7
votes

I'd like to represent a set of integer ranges using Python where the set could be modified dynamically and tested for inclusion. Specifically I want to apply this to address ranges or line numbers in a file.

I could define the range of addresses I cared about to include:

200 - 400  
450 - 470  
700 - 900  

Then I want to be able to add a potentially overlapping range to the set such that when I add 460 - 490 the set becomes:

200 - 400  
450 - 490  
700 - 900  

But then be able to delete from the set where I could exclude the range 300 - 350 and the set becomes:

200 - 300
350 - 400  
450 - 490  
700 - 900  

Finally, I want to be able to iterate over all integers included in the set, or test whether the set contains a particular value.

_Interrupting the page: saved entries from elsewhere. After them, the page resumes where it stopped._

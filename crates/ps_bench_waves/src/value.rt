// What a wire has in a scan.

ghost use Rattle.std.specs.Prelude.{◌≡◌, ◌≤◌, ◌||◌, IfSome, is_some, length, not};
ghost use Rattle.ps_bench_waves.specs.declared.value.TheConstants.{LONGEST_WORDS};
ghost use Rattle.ps_bench_waves.specs.Values.{held, is_same, shortened};

/// The most bytes of words that are written: what is longer is cut there.
pub const LONGEST_WORDS: usize = 64;

/// What a wire has in a scan.
#[derive(Clone, Copy)]
pub enum Value {
    /// TRUE or FALSE.
    Bit(bool),
    /// Sixteen bits, as a DiagCode.
    Code(u16),
    /// A count, of 64 bits.
    Count(u64),
    /// Words, of which the first 64 bytes count. A reader gives them back where they are printable ASCII without `\`.
    Words(&'static str),
}

/// The bytes of words that are written: the first 64.
#[tactic(auto, using(std::proofs::lemmas::List::take_min))]
pub fn shortened(words: &str) -> &[u8]
    ensures bytes { result.now ≡ shortened words.now }
    ensures len { length result.now ≤ LONGEST_WORDS }
{
    let bytes = words.as_bytes();
    &bytes[..LONGEST_WORDS.min(bytes.len())]
}

// Whether two values are written alike.
fn is_same(a: Value, b: Value) -> bool
    ensures { result ≡ is_same (held a) (held b) }
{
    match (a, b) {
        (Value::Bit(a), Value::Bit(b)) => a == b,
        (Value::Code(a), Value::Code(b)) => a == b,
        (Value::Count(a), Value::Count(b)) => a == b,
        (Value::Words(a), Value::Words(b)) => shortened(a) == shortened(b),
        _ => false,
    }
}

/// What is written of a wire that had the one value and has the other: the other one, in any case (`all`) or where it
/// differs from the first. None: nothing is written of it.
pub fn written(all: bool, before: Value, value: Value) -> Option<Value>
    ensures changed { is_some result ≡ (all || not (is_same (held before) (held value))) }
    ensures value { IfSome result (λ told. held told ≡ held value) }
{
    if all || !is_same(before, value) {
        Some(value)
    } else {
        None
    }
}
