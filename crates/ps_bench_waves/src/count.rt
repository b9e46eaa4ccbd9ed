// The number of a scan of a run.

ghost use Rattle.std.specs.Prelude.{◌≡◌};
ghost use Rattle.ps_bench_waves.specs.Counts.{anew_count, first_count, next_count};

/// The number of a scan of a run, counted over its restarts.
#[derive(Clone, Copy)]
pub struct Count {
    /// The number of the scan, counted from 1. The largest number stays.
    pub number: u64,
    /// Whether it is the first after a restart.
    pub is_restarted: bool,
}

impl Count {
    /// The first scan.
    pub fn first() -> Count
        ensures { result ≡ first_count }
    {
        Count {
            number: 1,
            is_restarted: false,
        }
    }

    /// The scan after this one.
    pub fn next(self) -> Count
        ensures { result ≡ next_count self }
    {
        Count {
            number: self.number.saturating_add(1),
            is_restarted: false,
        }
    }

    /// The same scan, after a restart.
    pub fn anew(self) -> Count
        ensures { result ≡ anew_count self }
    {
        Count {
            number: self.number,
            is_restarted: true,
        }
    }
}
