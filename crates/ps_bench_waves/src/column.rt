// A name that is watched, with its values.

ghost use Rattle.std.specs.Prelude.{◌≡◌, ◌+◌, ◌≤◌, All, IfOk, IfSome, map};
ghost use Rattle.ps_bench_judge.specs.Moments.{moment_of};
ghost use Rattle.ps_bench_waves.specs.Room.{IsKeyed, columns_room, frame_room, renewed};

use crate::Field;
use crate::format::Format;
use crate::key::key_of;
use ps_base::{Bytes, Memory};
use ps_bench_judge::{Seen, value_of};
use ps_bench_names::Name;
use ps_model::App;
use std::alloc::Global;

/// The most bytes of a column beside what stands for its name.
const COLUMN_ROOM: usize = 140;

/// The most bytes of a line beside its columns.
const FRAME_ROOM: usize = 80;

/// A name that is watched, with its value.
#[derive(Drop)]
pub(crate) struct Column {
    /// The name.
    pub(crate) name: Name,
    /// What stands for it in a line.
    pub(crate) key: Bytes,
    /// Its value.
    pub(crate) field: Field,
}

/// The columns of these names, before the first scan.
pub(crate) fn columns_of(
    alloc: Global,
    app: &App,
    format: Format,
    names: &[Name],
) -> Result<Vec<Column>, Memory>
    ensures names { IfOk result (λ columns. map (λ c. c.name) columns.items ≡ names.now) }
    ensures keyed { IfOk result (λ columns. All (IsKeyed format app.now) columns.items) }
{
    let mut columns = Vec::new(alloc);
    for name in names {
        let key = key_of(alloc, app, format, *name)?;
        columns.push(Column {
            name: *name,
            key,
            field: Field::new(),
        })?;
    }
    Ok(columns)
}

/// The bytes that suffice for every line of these columns, or None where they pass every number.
pub(crate) fn room_for(columns: &[Column]) -> Option<usize>
    ensures { IfSome result (λ room. frame_room + columns_room columns.now ≤ room) }
{
    let mut room = FRAME_ROOM;
    for column in columns {
        room = room
            .checked_add(column.key.len())?
            .checked_add(COLUMN_ROOM)?;
    }
    Some(room)
}

// Takes the value of a column in the next scan, which is or is not a first one.
fn renew_one(app: &App, is_first: bool, seen: &Seen<'_>, column: &mut Column)
    ensures { column.new ≡ renewed app.now is_first (moment_of seen.entry.now) column.old }
{
    let value = value_of(app, column.name, seen);
    column.field = column.field.in_next(is_first, value);
}

/// Takes the values of the next scan, which is or is not a first one.
pub(crate) fn renew(app: &App, is_first: bool, seen: &Seen<'_>, columns: &mut [Column])
    ensures { columns.new ≡ map (renewed app.now is_first (moment_of seen.entry.now)) columns.old }
{
    for column in columns.iter_mut() {
        renew_one(app, is_first, seen, column);
    }
}
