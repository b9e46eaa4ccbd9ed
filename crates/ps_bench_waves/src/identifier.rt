// The identifiers of wires.

ghost use Rattle.std.specs.Prelude.{◌≡◌, ◌<◌, ◌≤◌, ◌+◌, length};
ghost use Rattle.ps_bench_waves.specs.Identifiers.{identifier};

use std::marker::Model;

/// The most wires: there are as many identifiers of up to three characters.
pub const MOST_WIRES: usize = 830_584;

// The printable characters of ASCII but the blank, from `!` to `~`.
const CHARACTERS: usize = 94;

/// The identifier of a wire in a dump, of one to three printable characters. Contracts see its bytes.
#[derive(Drop)]
pub struct Identifier {
    bytes: [u8; 3],
    len: usize,
}

impl Model for Identifier {
    ghost use Rattle.std.specs.Prelude.{List, ℕ, take, ◌≤◌};

    ghost Value = { List ℕ };

    ghost view = { λ i. take i.len i.bytes };

    ghost invariant = { λ i. i.len ≤ 3 };
}

impl Identifier {
    /// The identifier of the wire with this number, below `MOST_WIRES`.
    pub fn of(wire: usize) -> Identifier
        requires { wire < MOST_WIRES }
        ensures bytes { result ≡ identifier wire }
        ensures len { length result ≤ 3 }
    {
        let last = character(wire % CHARACTERS);
        if wire < CHARACTERS {
            return Identifier {
                bytes: [last, 0, 0],
                len: 1,
            };
        }
        let before = character(wire / CHARACTERS % CHARACTERS);
        if wire < CHARACTERS * CHARACTERS {
            return Identifier {
                bytes: [before, last, 0],
                len: 2,
            };
        }
        let first = character(wire / CHARACTERS / CHARACTERS);
        Identifier {
            bytes: [first, before, last],
            len: 3,
        }
    }

    /// Its bytes.
    pub fn as_slice(&self) -> &[u8]
        ensures { result.now ≡ self.now }
    {
        &self.bytes[..self.len]
    }
}

// The printable character of this number.
fn character(number: usize) -> u8
    requires { number < 94 }
    ensures { result ≡ 33 + number }
{
    b'!' + number as u8
}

I'm wondering what the best way to do this is (particularly if there's something built into Python).

3
It's not clear whether you're looking for open intervals or closed ones here, but you don't seem to be asking for the usual half-open intervals used everywhere in Python. At any rate, there are a number of good interval/interval-set/interval-tree libraries on PyPI, with different degrees of complexity (e.g., some can mix and match all four kinds of openness, some can handle only integers while others can handle any comparable types, etc.), but Stack Overflow isn't a good place to ask for recommendations for a specific one, even if your exact requirements were 100% clear. - abarnert
As I was starting to play with interval classes I began to run across this exact issue. I suppose I really want 200-399, 450-469, ... but the intervaltree class seem to represent in a way that seems intuitive enough to me. Good to keep in mind though. - Chris W
Actually, you probably do want 200-400, and in particular the half-open interval 200-400, the one that matches Python's range(200, 400) and lst[200:400] and so on, which includes 200 but not 400. But the point is that you have to know which of the four possibilities you want before implementing it. - abarnert

3 Answers

6
votes

You're describing an interval tree.

pip install intervaltree

Usage:

from intervaltree import IntervalTree, Interval
tree = IntervalTree()
tree[200:400] = True  # or you can use ranges as the "values"
tree[450:470] = True
tree[700:900] = True

Querying:

>>> tree
IntervalTree([Interval(200, 400, True), Interval(450, 470, True), Interval(700, 900, True)])
>>> tree[250]
{Interval(200, 400, True)}
>>> tree[150]
set()

Adding overlapping range:

>>> tree[450:490] = True
>>> tree
IntervalTree([Interval(200, 400, True), Interval(450, 470, True), Interval(450, 490, True), Interval(700, 900, True)])
>>> tree.merge_overlaps()
>>> tree
IntervalTree([Interval(200, 400, True), Interval(450, 490), Interval(700, 900, True)])

Discarding:

>>> tree.chop(300, 350)
>>> tree
IntervalTree([Interval(200, 300, True), Interval(350, 400, True), Interval(450, 490), Interval(700, 900, True)])
1
votes

I implemented a similar thing in a different language.

Basic ideas:

  • Keep a tree of ranges ordered by the left bound. Instead of a real tree, you can keep a Python list and use bisect to search it in log time. This gives you the lookup / inclusion test.
  • Represent all operations as sub-range operations. A single element operation just works on a sub-range of length 1 internally.
  • Implement the basic sub-range operations: addition, which is simple, and subtraction, which may end up with two sub-ranges if a middle is excluded, or one subrange, possibly empty.
  • After an addition, check the immediate neighbor subranges, and maybe merge with one or both of them, if the subranges intersect. Continue in both directions until no merge operations occur.

This should get you started.

0
votes

Using python built-in functions you could use something along the lines of:

range_1 = range(450, 470)
range_temp = range(460, 490)

if any(num in range_1 for num in range_temp):
    start = min(range_1.start, range_temp.start)
    stop = max(range_1.stop, range_temp.stop)
    range_1 = range(start, stop)

Of course there would need to be further logic to check the overlaps of multiple range intervals.